The second takeaway is that the security model has to evolve to match this reality. Prevention is necessary but no longer sufficient. Detection and response are now the decisive capabilities, and they must operate in real time. Identity is the front line. Supply chain is the battlefield. Speed is the deciding factor. If your detection time is measured in hours, you’re already behind. The organizations that will remain resilient in this environment are the ones that combine relentless execution on fundamentals with continuous monitoring, adaptive defenses, and the strategic awareness to anticipate where the next trusted door will be opened.
📋 Week in Summary
This week confirmed that the cybersecurity threat landscape has entered a new phase — not of sophistication for its own sake, but of industrialized trust exploitation at speed. Stryker’s attack was confirmed as a hybrid operation. Iranian infrastructure returned online days after FBI seizure. Supply chain attacks scaled across every developer platform simultaneously. AI tooling is being poisoned before organizations finish deploying it. And the time between an attacker identifying a target and achieving access has collapsed to hours or minutes in many documented cases.
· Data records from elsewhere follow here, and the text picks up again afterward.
//! The look-ups, on examples and beside a plain list of pairs.
ghost use Rattle.std.specs.Prelude.{◌≡◌, ◌<◌, IfOk};
ghost use Rattle.limit_tree.specs.Part.{IsLeaf};

use super::checks::check;
use super::random::Random;
use limit_tree::{LimitTree, Node, fill, leaf};
use std::alloc::{AllocError, Global};
use std::marker::Brand;
use std::process::Abort;
use std::sync::ledger::{Blank, Ledger};
use std::test::Fail;
use venue_words::{Key, Method, Reference, Rounding, Row, Side, Steps};

type Pair = Option<(u32, u32)>;

fn row(cap: u32, entry: u32) -> Row
    ensures cap { result.cap ≡ cap }
    ensures entry { result.entry ≡ entry }
{
    let key = Key {
        side: Side::Buy,
        reference: Reference::Mid,
        offset: 0,
        rounding: Rounding::Unrounded,
        grid: 2,
    };
    Row {
        order: 0,
        member: 0,
        key,
        cap,
        entry,
        leaves: 100,
        minimum: 0,
        method: Method::Once,
        traded: false,
    }
}

fn boxed(alloc: Global, cap: u32, entry: u32) -> Result<Box<Node>, AllocError>
    ensures { IfOk result (λ node. IsLeaf node.value × (node.value.row.cap ≡ cap) × (node.value.row.entry ≡ entry)) }
{
    match Box::new(alloc, leaf(row(cap, entry))) {
        Ok(node) => Ok(node),
        Err(_) => Err(AllocError),
    }
}

/// A row enters where none of its cap and entry is held.
fn enter<L: Ledger>(rt: &impl Abort, tree: &mut LimitTree, node: Box<Node>, steps: &mut Steps<L>)
    requires { IsLeaf node.value }
{
    let held = tree.holds(node.row.cap, node.row.entry, steps);
    check(rt, !held, "a new row is held", node.row.cap);
    if !held {
        tree.put(node, steps);
    }
}

fn fill_example<L: Ledger>(
    rt: &impl Abort,
    alloc: Global,
    tree: &mut LimitTree,
    steps: &mut Steps<L>,
) -> Result<(), AllocError> {
    enter(rt, tree, boxed(alloc, 2000, 5)?, steps);
    enter(rt, tree, boxed(alloc, 2010, 3)?, steps);
    enter(rt, tree, boxed(alloc, 1990, 1)?, steps);
    Ok(())
}

/// Whether this pair was found.
fn is_pair(found: Pair, cap: u32, entry: u32) -> bool {
    match found {
        Some((found_cap, found_entry)) => found_cap == cap && found_entry == entry,
        None => false,
    }
}

fn look_up_example<L: Ledger>(rt: &impl Abort, tree: &LimitTree, steps: &mut Steps<L>) {
    check(
        rt,
        is_pair(tree.first_above(1995, steps), 2010, 3),
        "the first above",
        1995,
    );
    check(
        rt,
        is_pair(tree.first_at(2000, steps), 2000, 5),
        "the first",
        2000,
    );
    check(
        rt,
        is_pair(tree.highest_below(2000, steps), 1990, 1),
        "the highest below",
        2000,
    );
    check(
        rt,
        tree.first_above(2010, steps).is_none(),
        "none above",
        2010,
    );
    check(rt, tree.holds(2000, 5, steps), "a row", 2000);
    check(rt, tree.holds(2010, 3, steps), "a row", 2010);
    check(rt, tree.holds(1990, 1, steps), "a row", 1990);
}

fn worked_example<L: Ledger>(
    rt: &impl Abort,
    alloc: Global,
    steps: &mut Steps<L>,
) -> Result<(), AllocError> {
    let mut tree = LimitTree::new();
    check(rt, tree.is_empty(), "an empty tree", 0);
    fill_example(rt, alloc, &mut tree, steps)?;
    check(rt, !tree.is_empty(), "a tree with rows", 0);
    check(rt, tree.cut(2000, 4, steps).is_none(), "no such row", 2000);
    look_up_example(rt, &tree, steps);
    Ok(())
}

/// The place of a pair in a plain list.
fn place(pairs: &[(u32, u32)], cap: u32, entry: u32) -> Option<usize> {
    pairs
        .iter()
        .position(|pair| pair.0 == cap && pair.1 == entry)
}

/// The least entry among the pairs with caps from `start` up to below `end`.
fn least_between(pairs: &[(u32, u32)], start: u32, end: u32) -> Option<u32> {
    let mut least = None;
    for (cap, entry) in pairs {
        if start <= *cap && *cap < end {
            least = Some(match least {
                Some(other) => (*entry).min(other),
                None => *entry,
            });
        }
    }
    least
}

/// The greatest cap below a value.
fn greatest_below(pairs: &[(u32, u32)], value: u32) -> Option<u32> {
    let mut greatest = None;
    for (cap, _) in pairs {
        if *cap < value {
            greatest = Some(match greatest {
                Some(other) => (*cap).max(other),
                None => *cap,
            });
        }
    }
    greatest
}

/// Whether what was found is a pair of the list in this range of caps, with this entry.
fn is_in_range(
    pairs: &[(u32, u32)],
    found: Pair,
    start: u32,
    end: u32,
    least: Option<u32>,
) -> bool {
    match (found, least) {
        (None, None) => true,
        (Some((cap, entry)), Some(least)) => {
            start <= cap && cap < end && entry == least && place(pairs, cap, entry).is_some()
        }
        _ => false,
    }
}

/// Whether what was found is the pair with the least entry in this range of caps.
fn is_least(pairs: &[(u32, u32)], found: Pair, start: u32, end: u32) -> bool {
    is_in_range(pairs, found, start, end, least_between(pairs, start, end))
}

/// Whether what was found is the pair with the least entry at the greatest cap below a value.
fn is_highest_below(pairs: &[(u32, u32)], found: Pair, value: u32) -> bool {
    match greatest_below(pairs, value) {
        None => found.is_none(),
        Some(cap) => is_least(pairs, found, cap, cap.saturating_add(1)),
    }
}

fn compare_look_ups<L: Ledger>(
    rt: &impl Abort,
    tree: &LimitTree,
    pairs: &[(u32, u32)],
    value: u32,
    steps: &mut Steps<L>,
)
    requires { value < 1000 }
{
    let at = is_least(pairs, tree.first_at(value, steps), value, value + 1);
    check(rt, at, "the first", value);
    let above = is_least(pairs, tree.first_above(value, steps), value + 1, u32::MAX);
    check(rt, above, "the first above", value);
    let below = is_highest_below(pairs, tree.highest_below(value, steps), value);
    check(rt, below, "the highest below", value);
}

/// Whether what was cut is the row of this cap and entry.
fn is_cut(found: Option<Box<Node>>, cap: u32, entry: u32) -> bool {
    match found {
        Some(node) => node.row.cap == cap && node.row.entry == entry,
        None => false,
    }
}

/// A tree, and the plain list of its pairs.
#[derive(Drop)]
struct Both {
    tree: LimitTree,
    pairs: Vec<(u32, u32)>,
}

/// A row that is in neither enters both.
fn enter_both<L: Ledger>(
    rt: &impl Abort,
    both: &mut Both,
    node: Box<Node>,
    steps: &mut Steps<L>,
) -> Result<(), AllocError>
    requires { IsLeaf node.value }
{
    both.pairs.push((node.row.cap, node.row.entry))?;
    enter(rt, &mut both.tree, node, steps);
    Ok(())
}

/// The row of this cap and entry leaves both; its pair stands at this place of the list.
fn cut_both<L: Ledger>(
    rt: &impl Abort,
    both: &mut Both,
    cap: u32,
    entry: u32,
    at: usize,
    steps: &mut Steps<L>,
) {
    check(
        rt,
        is_cut(both.tree.cut(cap, entry, steps), cap, entry),
        "a row is cut",
        cap,
    );
    if at < both.pairs.len() {
        both.pairs.swap_remove(at);
    }
}

/// A row enters, or one leaves that is held or is not.
fn change_both<L: Ledger>(
    rt: &impl Abort,
    alloc: Global,
    both: &mut Both,
    random: &mut Random,
    round: u32,
    steps: &mut Steps<L>,
) -> Result<(), AllocError> {
    let cap = random.below(90);
    let entry = random.below(90);
    let held = both.tree.holds(cap, entry, steps);
    let place = place(both.pairs.as_slice(), cap, entry);
    check(rt, held == place.is_some(), "whether a row is held", cap);
    match place {
        None if random.below(4) == 0 => {
            check(
                rt,
                both.tree.cut(cap, entry, steps).is_none(),
                "no row to cut",
                cap,
            );
        }
        None => enter_both(rt, both, boxed(alloc, cap, entry)?, steps)?,
        Some(at) if round % 3 == 0 => cut_both(rt, both, cap, entry, at, steps),
        Some(_) => {}
    }
    Ok(())
}

fn compare_many<L: Ledger>(
    rt: &impl Abort,
    alloc: Global,
    steps: &mut Steps<L>,
) -> Result<(), AllocError> {
    let mut random = Random(5);
    let mut both = Both {
        tree: LimitTree::new(),
        pairs: Vec::new(alloc),
    };
    for round in 0..6000u32 {
        change_both(rt, alloc, &mut both, &mut random, round, steps)?;
        let value = random.below(92);
        compare_look_ups(rt, &both.tree, both.pairs.as_slice(), value, steps);
    }
    check(rt, 2000 < both.pairs.len(), "many rows", 6000);
    Ok(())
}

fn count_steps<L: Ledger>(rt: &impl Abort, alloc: Global, blank: Blank) -> Result<(), AllocError>
    requires name { blank.name ≡ L.name }
    requires parts { blank.parts ≡ L.parts }
    requires one { blank.parts ≡ 1 }
{
    let mut steps = Steps::<L>::start(blank);
    worked_example(rt, alloc, &mut steps)?;
    compare_many(rt, alloc, &mut steps)
}

#[test]
fn look_ups_answer_as_a_plain_list(rt: HostRuntime) -> Result<(), Fail> {
    count_steps::<Brand>(&rt, rt.alloc(), Blank::new(1))?;
    Ok(())
}

/// A row of 100 shares, of which these were traded in its node, if there are so many.
fn row_behind_trade(shares: u32) -> Row {
    let mut node = leaf(row(2000, 5));
    if shares <= node.row.leaves {
        fill(&mut node, shares);
    }
    node.row
}

#[test]
fn shares_of_a_row_are_traded_in_its_node(rt: HostRuntime) {
    let row = row_behind_trade(30);
    check(&rt, row.leaves == 70, "shares left", row.leaves);
    check(&rt, row.traded, "shares were traded", 30);
}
The geopolitical dimension remained active on every front. China continued its patient military espionage in Southeast Asia. Iran’s Handela group proved its resilience. North Korea expanded social engineering operations into new languages and new targets. And CISA — the backbone of U.S. public-private cyber defense coordination — is facing resource constraints that reduce its proactive capacity at exactly the wrong moment in history.
The response, as always, comes back to fundamentals executed with urgency and discipline: identity control, supply chain validation, behavioral detection, segmentation, and patch velocity. These aren’t aspirational controls. They are the difference between organizations that absorb these attacks and those that become the next case study. Know which one you want to be.